--- Information given ---
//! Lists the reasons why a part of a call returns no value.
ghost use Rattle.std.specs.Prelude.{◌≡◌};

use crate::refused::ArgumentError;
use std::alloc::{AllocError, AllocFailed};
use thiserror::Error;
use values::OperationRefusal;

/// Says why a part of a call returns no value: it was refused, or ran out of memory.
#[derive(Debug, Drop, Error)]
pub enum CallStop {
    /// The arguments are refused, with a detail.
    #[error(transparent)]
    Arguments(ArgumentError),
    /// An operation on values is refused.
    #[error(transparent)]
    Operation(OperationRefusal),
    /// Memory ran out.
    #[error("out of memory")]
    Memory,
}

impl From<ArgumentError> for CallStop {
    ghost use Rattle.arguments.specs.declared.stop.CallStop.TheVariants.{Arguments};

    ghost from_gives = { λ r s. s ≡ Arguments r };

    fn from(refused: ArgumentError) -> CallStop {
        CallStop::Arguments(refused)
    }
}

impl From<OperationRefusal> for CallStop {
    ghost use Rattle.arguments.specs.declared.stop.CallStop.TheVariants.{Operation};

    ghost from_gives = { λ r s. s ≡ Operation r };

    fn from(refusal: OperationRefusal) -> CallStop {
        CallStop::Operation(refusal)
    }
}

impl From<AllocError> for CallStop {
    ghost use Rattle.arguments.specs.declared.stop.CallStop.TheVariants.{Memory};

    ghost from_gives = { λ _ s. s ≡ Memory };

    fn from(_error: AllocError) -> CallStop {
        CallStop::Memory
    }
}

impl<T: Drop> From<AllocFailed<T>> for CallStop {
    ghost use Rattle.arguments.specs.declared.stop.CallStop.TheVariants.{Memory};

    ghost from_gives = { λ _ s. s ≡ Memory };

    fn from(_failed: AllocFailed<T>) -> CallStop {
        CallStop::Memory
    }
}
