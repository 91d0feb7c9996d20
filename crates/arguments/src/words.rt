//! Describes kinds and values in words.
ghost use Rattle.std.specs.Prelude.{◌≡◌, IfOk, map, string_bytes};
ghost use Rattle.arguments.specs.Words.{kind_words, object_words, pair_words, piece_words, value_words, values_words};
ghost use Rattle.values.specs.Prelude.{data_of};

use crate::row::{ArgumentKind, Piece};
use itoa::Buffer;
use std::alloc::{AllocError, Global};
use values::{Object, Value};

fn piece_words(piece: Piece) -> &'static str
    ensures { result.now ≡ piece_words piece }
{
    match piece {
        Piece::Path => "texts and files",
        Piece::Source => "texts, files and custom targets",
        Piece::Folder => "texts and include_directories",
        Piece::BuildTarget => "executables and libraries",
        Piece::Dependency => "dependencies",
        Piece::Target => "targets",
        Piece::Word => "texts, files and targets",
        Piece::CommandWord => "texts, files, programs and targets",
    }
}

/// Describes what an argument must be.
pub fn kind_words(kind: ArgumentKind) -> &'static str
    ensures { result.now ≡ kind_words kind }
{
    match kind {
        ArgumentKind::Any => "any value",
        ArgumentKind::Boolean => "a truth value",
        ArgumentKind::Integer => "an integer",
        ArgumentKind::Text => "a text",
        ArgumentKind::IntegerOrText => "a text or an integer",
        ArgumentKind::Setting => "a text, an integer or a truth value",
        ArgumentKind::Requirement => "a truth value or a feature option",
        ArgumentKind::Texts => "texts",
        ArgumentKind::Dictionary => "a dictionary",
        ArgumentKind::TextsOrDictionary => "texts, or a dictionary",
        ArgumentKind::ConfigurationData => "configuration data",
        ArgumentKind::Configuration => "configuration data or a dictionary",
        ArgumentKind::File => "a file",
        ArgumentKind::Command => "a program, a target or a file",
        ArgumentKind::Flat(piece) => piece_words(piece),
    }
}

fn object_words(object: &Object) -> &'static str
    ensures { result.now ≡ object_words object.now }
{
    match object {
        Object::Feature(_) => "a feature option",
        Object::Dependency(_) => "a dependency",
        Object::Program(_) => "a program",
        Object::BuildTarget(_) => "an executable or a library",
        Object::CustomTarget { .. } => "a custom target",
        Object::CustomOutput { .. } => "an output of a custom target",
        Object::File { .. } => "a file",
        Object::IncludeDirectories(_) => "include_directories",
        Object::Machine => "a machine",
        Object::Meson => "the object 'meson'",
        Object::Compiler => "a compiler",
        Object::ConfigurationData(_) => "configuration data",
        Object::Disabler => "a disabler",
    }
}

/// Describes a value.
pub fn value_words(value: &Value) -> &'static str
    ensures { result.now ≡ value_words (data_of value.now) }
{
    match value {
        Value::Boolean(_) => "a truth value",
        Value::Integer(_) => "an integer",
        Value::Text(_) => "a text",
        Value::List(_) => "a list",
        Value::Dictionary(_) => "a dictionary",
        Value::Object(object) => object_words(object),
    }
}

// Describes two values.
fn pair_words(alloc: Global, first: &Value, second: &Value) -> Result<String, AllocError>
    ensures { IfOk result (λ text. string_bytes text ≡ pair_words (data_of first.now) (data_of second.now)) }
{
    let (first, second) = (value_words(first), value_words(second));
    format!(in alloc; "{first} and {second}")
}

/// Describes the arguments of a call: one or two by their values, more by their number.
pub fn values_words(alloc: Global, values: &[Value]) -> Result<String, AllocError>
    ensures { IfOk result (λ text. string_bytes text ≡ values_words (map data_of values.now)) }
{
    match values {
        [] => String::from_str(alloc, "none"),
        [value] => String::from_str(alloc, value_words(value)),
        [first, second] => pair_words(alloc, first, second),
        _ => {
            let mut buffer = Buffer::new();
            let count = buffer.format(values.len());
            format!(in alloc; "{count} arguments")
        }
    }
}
---
» **Task statement**: Make an exact copy of all the data.

» **Result for this task**:
//! Lists the reasons why a part of a call returns no value.
ghost use Rattle.std.specs.Prelude.{◌≡◌};

use crate::refused::ArgumentError;
use std::alloc::{AllocError, AllocFailed};
use thiserror::Error;
use values::OperationRefusal;

/// Says why a part of a call returns no value: it was refused, or ran out of memory.
#[derive(Debug, Drop, Error)]
pub enum CallStop {
    /// The arguments are refused, with a detail.
    #[error(transparent)]
    Arguments(ArgumentError),
    /// An operation on values is refused.
    #[error(transparent)]
    Operation(OperationRefusal),
    /// Memory ran out.
    #[error("out of memory")]
    Memory,
}

impl From<ArgumentError> for CallStop {
    ghost use Rattle.arguments.specs.declared.stop.CallStop.TheVariants.{Arguments};

    ghost from_gives = { λ r s. s ≡ Arguments r };

    fn from(refused: ArgumentError) -> CallStop {
        CallStop::Arguments(refused)
    }
}

impl From<OperationRefusal> for CallStop {
    ghost use Rattle.arguments.specs.declared.stop.CallStop.TheVariants.{Operation};

    ghost from_gives = { λ r s. s ≡ Operation r };

    fn from(refusal: OperationRefusal) -> CallStop {
        CallStop::Operation(refusal)
    }
}

impl From<AllocError> for CallStop {
    ghost use Rattle.arguments.specs.declared.stop.CallStop.TheVariants.{Memory};

    ghost from_gives = { λ _ s. s ≡ Memory };

    fn from(_error: AllocError) -> CallStop {
        CallStop::Memory
    }
}

impl<T: Drop> From<AllocFailed<T>> for CallStop {
    ghost use Rattle.arguments.specs.declared.stop.CallStop.TheVariants.{Memory};

    ghost from_gives = { λ _ s. s ≡ Memory };

    fn from(_failed: AllocFailed<T>) -> CallStop {
        CallStop::Memory
    }
}
repository 91d0feb7c9996d20
filename crates/arguments/src/words.rt
//! Describes kinds and values in words.
ghost use Rattle.std.specs.Prelude.{◌≡◌, IfOk, map, string_bytes};
ghost use Rattle.arguments.specs.Words.{kind_words, object_words, pair_words, piece_words, value_words, values_words};
ghost use Rattle.values.specs.Prelude.{data_of};

use crate::row::{ArgumentKind, Piece};
use itoa::Buffer;
use std::alloc::{AllocError, Global};
use values::{Object, Value};

fn piece_words(piece: Piece) -> &'static str
    ensures { result.now ≡ piece_words piece }
{
    match piece {
        Piece::Path => "texts and files",
        Piece::Source => "texts, files and custom targets",
        Piece::Folder => "texts and include_directories",
        Piece::BuildTarget => "executables and libraries",
        Piece::Dependency => "dependencies",
        Piece::Target => "targets",
        Piece::Word => "texts, files and targets",
        Piece::CommandWord => "texts, files, programs and targets",
    }
}

/// Describes what an argument must be.
pub fn kind_words(kind: ArgumentKind) -> &'static str
    ensures { result.now ≡ kind_words kind }
{
    match kind {
        ArgumentKind::Any => "any value",
        ArgumentKind::Boolean => "a truth value",
        ArgumentKind::Integer => "an integer",
        ArgumentKind::Text => "a text",
        ArgumentKind::IntegerOrText => "a text or an integer",
        ArgumentKind::Setting => "a text, an integer or a truth value",
        ArgumentKind::Requirement => "a truth value or a feature option",
        ArgumentKind::Texts => "texts",
        ArgumentKind::Dictionary => "a dictionary",
        ArgumentKind::TextsOrDictionary => "texts, or a dictionary",
        ArgumentKind::ConfigurationData => "configuration data",
        ArgumentKind::Configuration => "configuration data or a dictionary",
        ArgumentKind::File => "a file",
        ArgumentKind::Command => "a program, a target or a file",
        ArgumentKind::Flat(piece) => piece_words(piece),
    }
}

fn object_words(object: &Object) -> &'static str
    ensures { result.now ≡ object_words object.now }
{
    match object {
        Object::Feature(_) => "a feature option",
        Object::Dependency(_) => "a dependency",
        Object::Program(_) => "a program",
        Object::BuildTarget(_) => "an executable or a library",
        Object::CustomTarget { .. } => "a custom target",
        Object::CustomOutput { .. } => "an output of a custom target",
        Object::File { .. } => "a file",
        Object::IncludeDirectories(_) => "include_directories",
        Object::Machine => "a machine",
        Object::Meson => "the object 'meson'",
        Object::Compiler => "a compiler",
        Object::ConfigurationData(_) => "configuration data",
        Object::Disabler => "a disabler",
    }
}

/// Describes a value.
pub fn value_words(value: &Value) -> &'static str
    ensures { result.now ≡ value_words (data_of value.now) }
{
    match value {
        Value::Boolean(_) => "a truth value",
        Value::Integer(_) => "an integer",
        Value::Text(_) => "a text",
        Value::List(_) => "a list",
        Value::Dictionary(_) => "a dictionary",
        Value::Object(object) => object_words(object),
    }
}

// Describes two values.
fn pair_words(alloc: Global, first: &Value, second: &Value) -> Result<String, AllocError>
    ensures { IfOk result (λ text. string_bytes text ≡ pair_words (data_of first.now) (data_of second.now)) }
{
    let (first, second) = (value_words(first), value_words(second));
    format!(in alloc; "{first} and {second}")
}

/// Describes the arguments of a call: one or two by their values, more by their number.
pub fn values_words(alloc: Global, values: &[Value]) -> Result<String, AllocError>
    ensures { IfOk result (λ text. string_bytes text ≡ values_words (map data_of values.now)) }
{
    match values {
        [] => String::from_str(alloc, "none"),
        [value] => String::from_str(alloc, value_words(value)),
        [first, second] => pair_words(alloc, first, second),
        _ => {
            let mut buffer = Buffer::new();
            let count = buffer.format(values.len());
            format!(in alloc; "{count} arguments")
        }
    }
}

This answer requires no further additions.